[ENTRIES SUPPLIED Boundary: Start]

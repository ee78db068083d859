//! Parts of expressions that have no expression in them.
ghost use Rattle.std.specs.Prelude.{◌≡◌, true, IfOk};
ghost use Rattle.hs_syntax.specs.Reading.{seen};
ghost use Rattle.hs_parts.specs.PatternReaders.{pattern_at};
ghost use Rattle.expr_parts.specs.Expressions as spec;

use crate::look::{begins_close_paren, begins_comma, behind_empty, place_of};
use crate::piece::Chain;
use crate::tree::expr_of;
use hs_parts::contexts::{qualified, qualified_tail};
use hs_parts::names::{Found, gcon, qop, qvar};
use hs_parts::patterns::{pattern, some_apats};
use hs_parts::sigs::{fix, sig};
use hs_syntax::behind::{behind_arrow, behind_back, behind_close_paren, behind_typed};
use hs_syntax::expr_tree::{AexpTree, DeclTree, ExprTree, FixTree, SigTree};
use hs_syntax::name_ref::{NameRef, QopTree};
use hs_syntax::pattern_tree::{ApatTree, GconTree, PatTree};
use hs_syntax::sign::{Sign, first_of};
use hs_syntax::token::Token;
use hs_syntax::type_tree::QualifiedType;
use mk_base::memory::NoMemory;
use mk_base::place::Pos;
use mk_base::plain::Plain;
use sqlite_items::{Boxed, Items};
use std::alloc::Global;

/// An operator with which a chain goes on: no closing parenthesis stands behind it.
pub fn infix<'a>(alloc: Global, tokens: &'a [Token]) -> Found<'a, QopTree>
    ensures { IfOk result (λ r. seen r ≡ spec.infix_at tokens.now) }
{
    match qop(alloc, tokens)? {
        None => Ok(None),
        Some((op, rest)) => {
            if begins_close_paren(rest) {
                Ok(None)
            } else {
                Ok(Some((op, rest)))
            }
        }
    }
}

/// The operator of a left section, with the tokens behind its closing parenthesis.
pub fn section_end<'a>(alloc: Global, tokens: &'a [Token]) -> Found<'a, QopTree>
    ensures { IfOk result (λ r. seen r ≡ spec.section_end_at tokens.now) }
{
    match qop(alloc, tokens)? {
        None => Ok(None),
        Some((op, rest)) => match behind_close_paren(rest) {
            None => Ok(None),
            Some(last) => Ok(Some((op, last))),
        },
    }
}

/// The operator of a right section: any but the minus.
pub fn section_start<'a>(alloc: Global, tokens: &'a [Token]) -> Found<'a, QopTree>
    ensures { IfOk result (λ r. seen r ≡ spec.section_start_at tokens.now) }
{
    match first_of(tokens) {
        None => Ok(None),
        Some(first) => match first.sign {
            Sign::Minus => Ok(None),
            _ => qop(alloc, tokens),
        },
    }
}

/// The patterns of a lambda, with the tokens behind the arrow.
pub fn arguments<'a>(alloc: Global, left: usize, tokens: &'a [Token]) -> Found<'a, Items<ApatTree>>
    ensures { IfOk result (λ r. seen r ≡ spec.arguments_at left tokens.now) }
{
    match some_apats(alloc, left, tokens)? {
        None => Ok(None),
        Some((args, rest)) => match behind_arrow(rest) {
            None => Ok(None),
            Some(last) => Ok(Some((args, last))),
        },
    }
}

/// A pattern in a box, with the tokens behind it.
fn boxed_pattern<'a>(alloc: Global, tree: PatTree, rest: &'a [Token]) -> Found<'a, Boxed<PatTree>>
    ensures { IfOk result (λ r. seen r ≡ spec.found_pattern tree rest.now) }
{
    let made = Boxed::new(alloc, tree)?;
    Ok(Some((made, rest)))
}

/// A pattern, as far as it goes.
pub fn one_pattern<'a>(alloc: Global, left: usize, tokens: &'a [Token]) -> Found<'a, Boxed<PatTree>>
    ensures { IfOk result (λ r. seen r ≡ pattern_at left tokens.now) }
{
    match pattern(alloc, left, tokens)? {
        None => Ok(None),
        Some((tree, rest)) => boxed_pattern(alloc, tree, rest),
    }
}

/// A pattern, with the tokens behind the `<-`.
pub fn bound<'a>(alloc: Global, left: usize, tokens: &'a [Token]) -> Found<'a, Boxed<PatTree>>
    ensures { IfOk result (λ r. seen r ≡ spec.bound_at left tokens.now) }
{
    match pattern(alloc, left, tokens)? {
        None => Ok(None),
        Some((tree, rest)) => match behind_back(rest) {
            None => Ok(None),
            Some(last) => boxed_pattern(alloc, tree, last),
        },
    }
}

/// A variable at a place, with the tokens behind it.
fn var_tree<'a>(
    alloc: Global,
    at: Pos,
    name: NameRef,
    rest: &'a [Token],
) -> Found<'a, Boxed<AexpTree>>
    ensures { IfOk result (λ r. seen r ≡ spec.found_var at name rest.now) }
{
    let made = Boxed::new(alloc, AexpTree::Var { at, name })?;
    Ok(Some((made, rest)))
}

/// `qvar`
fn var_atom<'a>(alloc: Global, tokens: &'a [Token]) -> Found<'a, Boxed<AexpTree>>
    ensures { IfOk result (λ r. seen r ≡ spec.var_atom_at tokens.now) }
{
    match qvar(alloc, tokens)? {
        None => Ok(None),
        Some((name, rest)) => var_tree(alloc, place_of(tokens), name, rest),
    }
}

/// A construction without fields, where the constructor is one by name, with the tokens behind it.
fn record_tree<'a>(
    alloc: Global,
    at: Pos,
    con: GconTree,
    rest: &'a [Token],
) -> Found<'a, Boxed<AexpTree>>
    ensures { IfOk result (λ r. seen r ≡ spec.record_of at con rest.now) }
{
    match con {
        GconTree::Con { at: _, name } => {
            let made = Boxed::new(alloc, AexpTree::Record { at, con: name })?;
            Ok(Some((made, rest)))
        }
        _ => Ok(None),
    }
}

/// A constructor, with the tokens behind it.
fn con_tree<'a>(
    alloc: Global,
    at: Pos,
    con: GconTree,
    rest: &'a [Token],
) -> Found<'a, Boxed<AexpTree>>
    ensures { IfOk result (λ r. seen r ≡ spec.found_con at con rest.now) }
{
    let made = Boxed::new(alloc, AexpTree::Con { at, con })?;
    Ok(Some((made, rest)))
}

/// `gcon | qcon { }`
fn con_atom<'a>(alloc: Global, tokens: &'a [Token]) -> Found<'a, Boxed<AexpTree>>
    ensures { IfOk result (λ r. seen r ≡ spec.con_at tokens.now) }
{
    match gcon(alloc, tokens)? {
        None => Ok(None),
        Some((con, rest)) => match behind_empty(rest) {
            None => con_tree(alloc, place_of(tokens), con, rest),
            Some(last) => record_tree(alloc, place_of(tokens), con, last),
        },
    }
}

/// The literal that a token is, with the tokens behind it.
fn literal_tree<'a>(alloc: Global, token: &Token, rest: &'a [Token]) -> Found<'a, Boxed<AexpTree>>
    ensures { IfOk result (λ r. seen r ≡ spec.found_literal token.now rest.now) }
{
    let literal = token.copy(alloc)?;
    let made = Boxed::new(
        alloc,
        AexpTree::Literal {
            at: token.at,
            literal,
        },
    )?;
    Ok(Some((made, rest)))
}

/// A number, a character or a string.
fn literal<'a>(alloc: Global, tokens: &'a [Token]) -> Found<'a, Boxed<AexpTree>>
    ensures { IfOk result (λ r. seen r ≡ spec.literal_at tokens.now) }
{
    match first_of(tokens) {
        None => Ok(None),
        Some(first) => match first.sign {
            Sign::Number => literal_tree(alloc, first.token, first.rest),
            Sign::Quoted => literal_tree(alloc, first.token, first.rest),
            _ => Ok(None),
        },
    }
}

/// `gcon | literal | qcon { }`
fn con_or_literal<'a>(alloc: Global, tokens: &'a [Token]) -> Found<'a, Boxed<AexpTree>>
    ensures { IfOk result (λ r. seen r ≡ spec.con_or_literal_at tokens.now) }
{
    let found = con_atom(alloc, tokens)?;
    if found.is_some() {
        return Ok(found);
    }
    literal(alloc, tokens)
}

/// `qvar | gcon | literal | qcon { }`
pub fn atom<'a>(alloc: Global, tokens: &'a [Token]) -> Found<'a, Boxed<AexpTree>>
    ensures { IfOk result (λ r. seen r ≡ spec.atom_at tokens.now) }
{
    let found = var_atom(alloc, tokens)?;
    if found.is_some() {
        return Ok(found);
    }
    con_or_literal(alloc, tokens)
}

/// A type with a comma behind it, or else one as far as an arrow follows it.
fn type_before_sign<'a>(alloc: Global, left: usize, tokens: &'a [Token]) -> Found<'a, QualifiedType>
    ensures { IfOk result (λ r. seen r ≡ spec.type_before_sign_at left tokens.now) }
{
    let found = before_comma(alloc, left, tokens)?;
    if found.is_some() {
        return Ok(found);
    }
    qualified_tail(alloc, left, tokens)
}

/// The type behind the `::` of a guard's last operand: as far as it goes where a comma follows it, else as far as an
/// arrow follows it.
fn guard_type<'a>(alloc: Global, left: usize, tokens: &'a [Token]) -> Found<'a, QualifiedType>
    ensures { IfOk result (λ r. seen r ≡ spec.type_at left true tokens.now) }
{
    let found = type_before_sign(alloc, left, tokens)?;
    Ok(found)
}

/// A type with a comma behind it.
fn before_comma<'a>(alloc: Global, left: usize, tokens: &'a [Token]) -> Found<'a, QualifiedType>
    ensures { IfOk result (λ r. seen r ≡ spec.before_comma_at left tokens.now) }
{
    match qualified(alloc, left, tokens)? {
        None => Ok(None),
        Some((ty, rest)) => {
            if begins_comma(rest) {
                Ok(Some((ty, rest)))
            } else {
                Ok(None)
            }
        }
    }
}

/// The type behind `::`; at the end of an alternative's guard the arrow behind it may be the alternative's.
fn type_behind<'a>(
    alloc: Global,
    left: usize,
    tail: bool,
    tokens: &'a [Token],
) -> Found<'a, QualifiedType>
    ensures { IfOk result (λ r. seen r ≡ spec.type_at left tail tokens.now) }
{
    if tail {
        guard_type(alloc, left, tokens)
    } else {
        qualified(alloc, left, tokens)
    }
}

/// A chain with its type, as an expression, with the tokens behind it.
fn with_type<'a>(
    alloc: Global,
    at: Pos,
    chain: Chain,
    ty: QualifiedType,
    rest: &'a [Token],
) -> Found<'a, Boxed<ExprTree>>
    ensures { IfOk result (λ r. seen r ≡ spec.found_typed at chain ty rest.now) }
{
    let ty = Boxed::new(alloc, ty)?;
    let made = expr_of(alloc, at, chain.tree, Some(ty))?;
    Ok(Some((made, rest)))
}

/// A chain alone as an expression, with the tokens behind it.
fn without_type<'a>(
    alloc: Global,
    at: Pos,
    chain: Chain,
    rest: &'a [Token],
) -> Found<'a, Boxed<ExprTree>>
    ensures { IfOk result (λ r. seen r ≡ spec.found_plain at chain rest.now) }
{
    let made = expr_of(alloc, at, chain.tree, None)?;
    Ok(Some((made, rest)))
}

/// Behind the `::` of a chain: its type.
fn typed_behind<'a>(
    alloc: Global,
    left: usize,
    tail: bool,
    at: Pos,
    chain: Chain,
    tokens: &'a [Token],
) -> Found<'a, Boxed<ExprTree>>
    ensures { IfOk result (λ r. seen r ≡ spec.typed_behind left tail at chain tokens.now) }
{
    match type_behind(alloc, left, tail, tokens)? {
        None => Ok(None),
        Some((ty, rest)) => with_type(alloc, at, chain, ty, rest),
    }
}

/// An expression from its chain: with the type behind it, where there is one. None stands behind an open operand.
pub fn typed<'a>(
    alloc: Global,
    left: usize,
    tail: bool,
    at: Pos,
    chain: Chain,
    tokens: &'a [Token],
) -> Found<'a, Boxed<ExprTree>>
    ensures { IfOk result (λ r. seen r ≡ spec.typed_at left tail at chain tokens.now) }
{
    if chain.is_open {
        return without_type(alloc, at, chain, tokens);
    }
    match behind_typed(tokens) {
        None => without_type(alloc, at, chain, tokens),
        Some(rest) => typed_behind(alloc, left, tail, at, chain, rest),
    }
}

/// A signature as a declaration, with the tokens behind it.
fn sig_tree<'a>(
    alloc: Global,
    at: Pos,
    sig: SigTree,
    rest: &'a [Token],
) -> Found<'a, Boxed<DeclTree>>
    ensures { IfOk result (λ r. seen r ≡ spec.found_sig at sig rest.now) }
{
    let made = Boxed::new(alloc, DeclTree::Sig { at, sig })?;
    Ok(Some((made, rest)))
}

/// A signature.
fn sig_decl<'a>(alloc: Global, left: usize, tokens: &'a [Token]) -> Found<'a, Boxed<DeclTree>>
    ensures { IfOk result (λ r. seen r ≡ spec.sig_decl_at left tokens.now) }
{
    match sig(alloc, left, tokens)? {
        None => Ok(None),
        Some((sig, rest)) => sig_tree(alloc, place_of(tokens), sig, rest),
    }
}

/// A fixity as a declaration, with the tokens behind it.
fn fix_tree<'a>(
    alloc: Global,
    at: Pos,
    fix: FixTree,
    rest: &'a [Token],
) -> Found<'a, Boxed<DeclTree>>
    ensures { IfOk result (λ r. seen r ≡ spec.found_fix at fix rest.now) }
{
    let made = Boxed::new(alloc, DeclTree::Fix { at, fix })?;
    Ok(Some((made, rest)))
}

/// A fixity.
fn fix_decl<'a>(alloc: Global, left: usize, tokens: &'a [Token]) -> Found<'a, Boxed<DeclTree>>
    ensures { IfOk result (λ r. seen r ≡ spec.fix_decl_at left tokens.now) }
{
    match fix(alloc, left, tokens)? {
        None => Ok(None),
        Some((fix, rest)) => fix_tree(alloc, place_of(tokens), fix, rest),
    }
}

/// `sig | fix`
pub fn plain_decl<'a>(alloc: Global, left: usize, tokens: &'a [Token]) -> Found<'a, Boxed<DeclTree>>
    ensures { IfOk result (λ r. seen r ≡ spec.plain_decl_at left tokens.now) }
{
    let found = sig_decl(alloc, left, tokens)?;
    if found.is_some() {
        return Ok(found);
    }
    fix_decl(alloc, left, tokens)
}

[ENTRIES SUPPLIED Boundary: End]
[ENTRIES SUPPLIED Boundary: Start]

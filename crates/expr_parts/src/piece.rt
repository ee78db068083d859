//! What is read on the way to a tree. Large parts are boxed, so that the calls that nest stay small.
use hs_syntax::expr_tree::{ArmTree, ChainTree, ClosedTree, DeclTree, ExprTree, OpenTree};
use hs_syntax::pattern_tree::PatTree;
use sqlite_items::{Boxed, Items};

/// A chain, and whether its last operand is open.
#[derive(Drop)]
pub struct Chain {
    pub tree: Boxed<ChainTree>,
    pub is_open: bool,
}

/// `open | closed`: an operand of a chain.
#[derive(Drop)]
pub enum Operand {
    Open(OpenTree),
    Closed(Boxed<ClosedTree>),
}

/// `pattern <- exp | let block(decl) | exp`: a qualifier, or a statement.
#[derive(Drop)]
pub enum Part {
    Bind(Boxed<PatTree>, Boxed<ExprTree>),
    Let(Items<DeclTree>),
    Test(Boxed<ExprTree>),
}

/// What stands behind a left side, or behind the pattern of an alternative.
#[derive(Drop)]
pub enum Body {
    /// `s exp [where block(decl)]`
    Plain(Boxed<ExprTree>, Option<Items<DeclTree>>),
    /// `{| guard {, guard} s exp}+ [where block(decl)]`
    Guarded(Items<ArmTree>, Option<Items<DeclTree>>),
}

[ENTRIES SUPPLIED Boundary: End]

◆ **PROBLEM STATEMENT**: Looking through the listing above, state how many of its lines contain the string "block". Write only the number.

◆ **SOLUTION TO THIS EXERCISE**: 3